Il 26 aprile del 1986 avevo 3 anni e mezzo. Non posso quindi dire di ricordarmi in prima persona quello che successe a Chernobyl, quando una nuvola di materiale radioattivo uscì dalla centrale nucleare V.I. Lenin, situata in quella che ora è l’Ucraina settentrionale ma in quegli anni era l’URSS. I miei ricordi sono i racconti di mia madre e i “bambini di Chernobyl” che passavano le estati in una sorta di scambio con la parrocchia del mio paese.

“Chernobyl” è stato il più grave incidente mai verificatosi in una centrale nucleare, anche se il conteggio delle vittime è ancora incerto e largamente dibattuto, con cifre spesso enormemente diverse tra loro, così come le cause dell’esplosione non sono mai state del tutto chiarite.

La nuvola radioattiva contaminò tutta l’area attorno alla centrale e nei giorni successivi il vento le fece percorrere centinaia di chilometri attraversando gran parte dell’Europa dell’est, del nord e arrivando fino in Italia e Francia. Oltre ai morti effettivi è necessario considerare tutti coloro che si sono ammalati di leucemie e tumori dovuti all’esposizione delle radiazioni.

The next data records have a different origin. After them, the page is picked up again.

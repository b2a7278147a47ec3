// Playing an event: the book's call for it, and its line, written into a lent buffer.
ghost use Rattle.std.specs.Prelude.{◌≡◌, ◌-◌, take, drop};
ghost use Rattle.conditions.specs.Places.{places};
ghost use Rattle.sheet.specs.Play.{of_begun, of_done, of_show, played, played_buffer};
ghost use Rattle.sheet.specs.Plays.{Blank, PlaysLine};

use crate::events::Event;
use crate::lines::{LENT, LONGEST_LINE, Line};
use book::{Begun, Book, Done};
use conditions::NoRoom;

// What playing an event gives: where its line ends, and the book that the next event takes. Where the
// buffer is too short, nothing was played.
// kept: the book stands beside the Result: document 01 has the next call take it, refused or not (`played`).
#[derive(Clone, Copy)]
pub struct Played {
    pub written: Result<usize, NoRoom>,
    pub book: Book,
}

// The bytes from a place up to another.
// kept: no plainer with a `Reader`: it has one place, and these are two.
fn between(sheet: &[u8], from: usize, to: usize) -> &[u8]
    ensures { result.now ≡ take (to - from) (drop from sheet.now) }
{
    let end = to.min(sheet.len());
    &sheet[from.min(end)..end]
}

// The line of a begin.
fn begun(x: Begun, position: u64, line: &mut Line) -> Played
    requires { Blank line.old }
    ensures { PlaysLine (of_begun x) position line.old result line.new }
{
    let answer = x.answer;
    line.head(position, answer);
    if answer.is_ok() {
        line.field(u64::from(x.number.0));
        line.field(u64::from(x.grant));
    }
    line.byte(b'\n');
    Played {
        written: Ok(line.end),
        book: x.book,
    }
}

// The line of an event that prints nothing after its answer number.
fn done(x: Done, position: u64, line: &mut Line) -> Played
    requires { Blank line.old }
    ensures { PlaysLine (of_done x) position line.old result line.new }
{
    line.plain(position, x.answer);
    Played {
        written: Ok(line.end),
        book: x.book,
    }
}

// Show, and its line: what stands before the line that show writes is put first, as if show were
// accepted. A refused show leaves its bytes as they were, and its own line is longer than that.
fn shown(book: Book, item: u8, position: u64, line: &mut Line) -> Played
    requires { Blank line.old }
    ensures { PlaysLine (of_show places book item) position line.old result line.new }
{
    line.head(position, Ok(()));
    line.byte(b' ');
    let from = line.end;
    match book.show(item, &mut line.buf[from..from + LENT]) {
        Ok(end) => {
            line.end = from + end;
            line.byte(b'\n');
        }
        Err(refusal) => {
            line.end = 0;
            line.plain(position, Err(refusal));
        }
    }
    Played {
        written: Ok(line.end),
        book,
    }
}

// Play, the call: an event of the sheet, at its position, on the book.
#[tactic(auto, unfolding(crate::specs::Play::played, crate::specs::Play::played_buffer, crate::specs::Lines::line_answer, crate::specs::Lines::line_written))]
pub fn play(book: Book, sheet: &[u8], event: Event, position: u64, buf: &mut [u8]) -> Played
    ensures value { result ≡ played places book sheet.now event position buf.old }
    ensures buf_after { buf.new ≡ played_buffer places book sheet.now event position buf.old }
{
    if buf.len() < LONGEST_LINE {
        return Played {
            written: Err(NoRoom),
            book,
        };
    }
    let line = &mut Line { buf, end: 0 };
    match event {
        Event::Begin { from, to } => {
            let steps = between(sheet, from, to);
            begun(book.begin(steps), position, line)
        }
        Event::Ready { number, district } => done(book.ready(number, district), position, line),
        Event::GiveUp { number, district } => done(book.give_up(number, district), position, line),
        Event::Complete { number } => done(book.complete(number), position, line),
        Event::Abort { number } => done(book.abort(number), position, line),
        Event::Hear { number, district } => done(book.hear(number, district), position, line),
        Event::Show { item } => shown(book, item, position, line),
    }
}
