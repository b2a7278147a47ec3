// Open: a sheet is read whole, and a good one opens a book.
ghost use Rattle.std.specs.Prelude.{◌≡◌};
ghost use Rattle.conditions.specs.Places.{places};
ghost use Rattle.sheet.specs.Open.{refused, open_sheet};

use crate::readers::Wrong;
use crate::sections::{Sheet, whole};
use book::{Answer, Book, Refusal, opened, zero_book};

// How many bytes a sheet may have.
pub const MOST_BYTES: usize = 32768;

// Whether the sheet opened its book, and the place that 13 or 14 gives; the book; where the first
// event stands, and how many there are. Refused, the book is all zero, and so are the numbers.
// kept: no Result: `open_sheet` gives a refused sheet each field, the all-zero book of document 01 among them.
#[derive(Clone, Copy)]
pub struct Opened {
    pub answer: Answer,
    pub place: usize,
    pub book: Book,
    pub first: usize,
    pub count: usize,
}

// What a refused sheet gives.
#[tactic(auto, unfolding(crate::specs::Open::refused))]
fn refused(refusal: Refusal, place: usize) -> Opened
    ensures { result ≡ refused places refusal place }
{
    Opened {
        answer: Err(refusal),
        place,
        book: zero_book(),
        first: 0,
        count: 0,
    }
}

// Open, the call.
#[tactic(auto, unfolding(crate::specs::Open::open_sheet, crate::specs::Open::opened_sheet, crate::specs::Open::refused))]
pub fn open(sheet: &[u8]) -> Opened
    ensures { result ≡ open_sheet places sheet.now }
{
    if MOST_BYTES < sheet.len() {
        return refused(Refusal::TooLong, 0);
    }
    match whole(sheet) {
        Ok(
            Sheet {
                districts,
                items,
                events,
            },
        ) => Opened {
            answer: Ok(()),
            place: 0,
            book: opened(districts, items),
            first: events.first,
            count: events.count,
        },
        Err(Wrong(place)) => refused(Refusal::Malformed, place),
    }
}
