// The events of a sheet, each by the place where it stands.
ghost use Rattle.std.specs.Prelude.{◌≡◌, drop};
ghost use Rattle.sheet.specs.Events.{program, fields, event, event_at};
ghost use Rattle.sheet.specs.Told.{Reads, ReadsAs, told_event};
ghost use Rattle.sheet.specs.Readers.{word, any};

use crate::readers::{Reader, Wrong};
use conditions::TransactionNumber;

// An event. The bytes of a begin's program stand in the sheet from `from` up to `to`.
#[derive(Clone, Copy, Debug, PartialEq, Eq)]
pub enum Event {
    Begin {
        from: usize,
        to: usize,
    },
    Ready {
        number: TransactionNumber,
        district: u8,
    },
    GiveUp {
        number: TransactionNumber,
        district: u8,
    },
    Complete {
        number: TransactionNumber,
    },
    Abort {
        number: TransactionNumber,
    },
    Hear {
        number: TransactionNumber,
        district: u8,
    },
    Show {
        item: u8,
    },
}

// An event that was found, and the place behind it.
#[derive(Clone, Copy, Debug, PartialEq, Eq)]
pub struct Found {
    pub event: Event,
    pub next: usize,
}

impl Reader<'_> {
    // A begin: the count of its program's steps, and their bytes.
    #[tactic(auto, unfolding(crate::specs::Events::program))]
    #[inline(always)]
    fn program(&mut self) -> Result<Event, Wrong>
        ensures { Reads program self.old self.new result }
    {
        let steps = self.byte()?;
        let from = self.at;
        self.part(4 * usize::from(steps))?;
        Ok(Event::Begin { from, to: self.at })
    }

    // A transaction number.
    #[inline(always)]
    fn number(&mut self) -> Result<TransactionNumber, Wrong>
        ensures { ReadsAs (λ n. n.0) (word any) self.old self.new result }
    {
        Ok(TransactionNumber(self.word()?))
    }

    // What stands behind an event's kind.
    // kept: no plainer: a kind (`fields`) becomes its `Event` here; an enum between would name all seven twice.
    #[tactic(auto, unfolding(crate::specs::Events::fields, crate::specs::Events::at_district, crate::specs::Events::on_number, crate::specs::Events::of_item))]
    #[inline(always)]
    fn fields(&mut self, kind: usize) -> Result<Event, Wrong>
        ensures { Reads (fields kind) self.old self.new result }
    {
        match kind {
            1 => self.program(),
            2 => Ok(Event::Ready {
                number: self.number()?,
                district: self.byte()?,
            }),
            3 => Ok(Event::GiveUp {
                number: self.number()?,
                district: self.byte()?,
            }),
            4 => Ok(Event::Complete {
                number: self.number()?,
            }),
            5 => Ok(Event::Abort {
                number: self.number()?,
            }),
            7 => Ok(Event::Show { item: self.byte()? }),
            _ => Ok(Event::Hear {
                number: self.number()?,
                district: self.byte()?,
            }),
        }
    }

    // An event.
    #[tactic(auto, unfolding(crate::specs::Events::event))]
    #[inline(always)]
    pub(crate) fn event(&mut self) -> Result<Event, Wrong>
        ensures { Reads event self.old self.new result }
    {
        let kind = self.byte_between(1, 7)?;
        self.fields(kind)
    }
}

// What stands at a place of the sheet: an event, and the place behind it.
// kept: what may not change: the public signature has the sheet and the place side by side.
#[tactic(auto, unfolding(crate::specs::Events::event_at))]
pub fn event_at(sheet: &[u8], at: usize) -> Result<Found, Wrong>
    ensures value { result ≡ event_at sheet.now at }
    ensures sheet_value { event at (drop at sheet.now) ≡ told_event sheet.now result }
{
    let mut reader = Reader { sheet, at };
    let event = reader.event()?;
    Ok(Found {
        event,
        next: reader.at,
    })
}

Lo spettacolo dell’associazione And Or, Margini Creativi “Le donne di Chernobyl”, in scena dal giugno 2017, è una performance basata su un testo scritto grazie alle testimonianze di una famiglia che ha vissuto e subito il disastro.

(foto da Facebook)

Dalle parole di Kety Di Basilio, la regista: “questo lavoro inizia con un ricordo di una bambina di cinque anni che oggi è una donna. Accade, nella vita di questa persona, che all’improvviso la quotidianità, comprensiva di luoghi e affetti, si smaterializza e questo avviene senza una causa apparentemente tangibile, per un insieme di processi chimico-nucleari di sostanze fantasmagoriche di cui è stato sconveniente parlare e si è preferito tacere, lasciando alla morte migliaia di vite.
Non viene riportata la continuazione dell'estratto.